Transcribe the data below verbatim from the line with "(λ thing. HasNoMethods" to the line with "Sort::List | Sort::Pairs". Include both of those lines.
(Source data begins)
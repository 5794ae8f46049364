// The method of a class that a call finds.

ghost use Rattle.std.specs.Prelude.{◌≡◌, ◌<◌, IfSome, Some, None, true};
ghost use Rattle.std.specs.List.{AllByRecursion};
ghost use Rattle.rb_model.specs.Values.{plain};
ghost use Rattle.rb_code.specs.declared.scripted.CodeScript.{CodeScript};
ghost use Rattle.rb_walk.specs.Methods.{IsTarget, HasNone, HasNoMethods, IsWriter, HasNoWriter};
ghost use Rattle.rb_walk.specs.Readers.{Adds, AssignsField, AssignsParameter, OnlyAssigns, Reads, IsReader, Writes};
ghost use Rattle.rb_walk.specs.Answers.{IsHeld};
ghost use Rattle.rb_walk.specs.Carries.{me_of};

use crate::dispatch::Methods;
use crate::leaf::local_at;
use rb_code::{Code, CodeMethod};
use rb_model::{Ref, Sort, Value};
use rb_tree::{AssignOp, NameId, Span};

/// A method of the class of an object.
#[derive(Clone, Copy)]
pub struct Target<'p> {
    pub object: Ref,
    pub method: &'p CodeMethod,
}

/// The method of its class that a name finds for a value.
#[inline(always)]
pub fn target_of<'p>(script: &Methods<'p>, receiver: &Value, name: NameId) -> Option<Target<'p>>
    ensures some { IfSome result (λ t. IsTarget script.now (plain receiver.now) name t.object t.method.now) }
    ensures none { result ≡ None → HasNone script.now (plain receiver.now) name }
{
    let Value::Ref(object) = receiver else {
        return None;
    };
    let Sort::Object(class) = object.sort else {
        return None;
    };
    let method = script.method_of(name, class)?;
    Some(Target {
        object: *object,
        method,
    })
}

/// The method of its class that a name finds for the object that a local has.
#[inline(always)]
pub fn local_target<'p>(
    script: &Methods<'p>,
    code: &Code,
    name: NameId,
    room: &[Value],
) -> Option<Target<'p>>
    ensures held { IfSome result (λ t. IsHeld code.now room.now (me_of (Some t.object))) }
    ensures target { IfSome result (λ t. IsTarget script.now (me_of (Some t.object)) name t.object t.method.now) }
{
    let target = target_of(script, local_at(code, room)?, name)?;
    Some(target)
}

/// The array or the hash that a local has. No name finds a method of a class for it.
#[inline(always)]
pub fn local_collection(code: &Code, room: &[Value]) -> Option<Ref>
    ensures held { IfSome result (λ thing. IsHeld code.now room.now (me_of (Some thing))) }
    ensures alone { IfSome result (λ thing. (script : CodeScript) (name : NameId) → HasNone script (me_of (Some thing)) name) }
    ensures unnamed { IfSome result (λ thing. HasNoMethods (me_of (Some thing))) }
{
    let Value::Ref(thing) = local_at(code, room)? else {
        return None;
    };
    match thing.sort {
        Sort::List | Sort::Pairs => Some(*thing),
        _ => None,
    }
}

/// The method of its class that the name of a writer finds for a value, where there is such a name.
#[inline(always)]
pub fn writer_of<'p>(
    script: &Methods<'p>,
    receiver: &Value,
    writer: Option<NameId>,
) -> Option<Target<'p>>
    ensures some { IfSome result (λ t. IsWriter script.now (plain receiver.now) writer t.object t.method.now) }
    ensures none { result ≡ None → HasNoWriter script.now (plain receiver.now) writer }
{
    target_of(script, receiver, writer?)
}

/// What a method of an object reads that does nothing else, as `attr_reader` makes it: an instance variable, at this place.
#[derive(Clone, Copy)]
pub struct Reader {
    pub object: Ref,
    pub field: NameId,
    pub at: Span,
}

/// What a method reads, where it does nothing else.
#[inline(always)]
pub fn read_by(method: &CodeMethod) -> Option<(NameId, Span)>
    ensures { IfSome result (λ read. Reads method.now read.0 read.1) }
{
    if !method.params.is_empty() {
        return None;
    }
    let [only] = method.body.as_slice() else {
        return None;
    };
    match only {
        Code::Field(field, at) => Some((*field, *at)),
        _ => None,
    }
}

/// What the method reads that a name finds for a value, where it does nothing else.
#[inline(always)]
pub fn reader_of(script: &Methods<'_>, receiver: &Value, name: NameId) -> Option<Reader>
    ensures { IfSome result (λ reader. IsReader script.now (plain receiver.now) name reader.object reader.field reader.at) }
{
    let Value::Ref(object) = receiver else {
        return None;
    };
    let Sort::Object(class) = object.sort else {
        return None;
    };
    let (field, at) = script.reads(name, class)?;
    Some(Reader {
        object: *object,
        field,
        at,
    })
}

/// What a method with one parameter gives it to, where it does nothing else, as `attr_writer` makes it: an instance variable, at this place.
#[inline(always)]
pub fn written_by(method: &CodeMethod) -> Option<(NameId, Span)>
    ensures { IfSome result (λ written. Writes method.now written.0 written.1) }
{
    if method.params.len() != 1 {
        return None;
    }
    let [only] = method.body.as_slice() else {
        return None;
    };
    let Code::SetField(field, value, at) = only else {
        return None;
    };
    let Code::Local(slot, _, _) = value.get() else {
        return None;
    };
    if *slot != 0 {
        return None;
    }
    Some((*field, *at))
}

/// What a method with one parameter adds it to, where it does nothing else: an instance variable, at this place.
#[inline(always)]
pub fn added_by(method: &CodeMethod) -> Option<(NameId, Span)>
    ensures { IfSome result (λ added. Adds method.now added.0 added.1) }
{
    if method.params.len() != 1 {
        return None;
    }
    let [only] = method.body.as_slice() else {
        return None;
    };
    let Code::UpdateField(field, op, value, at) = only else {
        return None;
    };
    let AssignOp::Plus = op else {
        return None;
    };
    let Code::Local(slot, _, _) = value.get() else {
        return None;
    };
    if *slot != 0 {
        return None;
    }
    Some((*field, *at))
}

/// What a statement gives to an instance variable: the value of a local.
#[derive(Clone, Copy)]
pub struct Assignment {
    pub field: NameId,
    pub slot: u32,
    pub at: Span,
}

/// What a statement gives to an instance variable, where that is one of so many parameters and nothing else is done.
#[inline(always)]
pub fn assigned_by(code: &Code, count: usize) -> Option<Assignment>
    ensures some { IfSome result (λ a. AssignsField code.now a.field a.slot a.at) }
    ensures below { IfSome result (λ a. a.slot < count) }
    ensures none { result ≡ None → AssignsParameter count code.now → ⊥ }
{
    let Code::SetField(field, value, at) = code else {
        return None;
    };
    let Code::Local(slot, _, _) = value.get() else {
        return None;
    };
    if *slot as usize >= count {
        return None;
    }
    Some(Assignment {
        field: *field,
        slot: *slot,
        at: *at,
    })
}

/// Whether a method has so many parameters and only gives them to instance variables.
#[inline(always)]
pub fn only_assigns(method: &CodeMethod, count: usize) -> bool
    ensures { result ≡ true → OnlyAssigns count method.now }
{
    method.params.len() == count && all_assign(method.body.as_slice(), count)
}

/// Whether each statement only gives one of so many parameters to an instance variable.
#[inline(always)]
fn all_assign(body: &[Code], count: usize) -> bool
    ensures { result ≡ true → AllByRecursion (AssignsParameter count) body.now }
{
    'body: for code in body {
        if assigned_by(code, count).is_none() {
            return false;
        }
    }
    true
}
(Source data ends)
§ **Result below**
    ensures unnamed { IfSome result (λ thing. HasNoMethods (me_of (Some thing))) }
{
    let Value::Ref(thing) = local_at(code, room)? else {
        return None;
    };
    match thing.sort {
        Sort::List | Sort::Pairs => Some(*thing),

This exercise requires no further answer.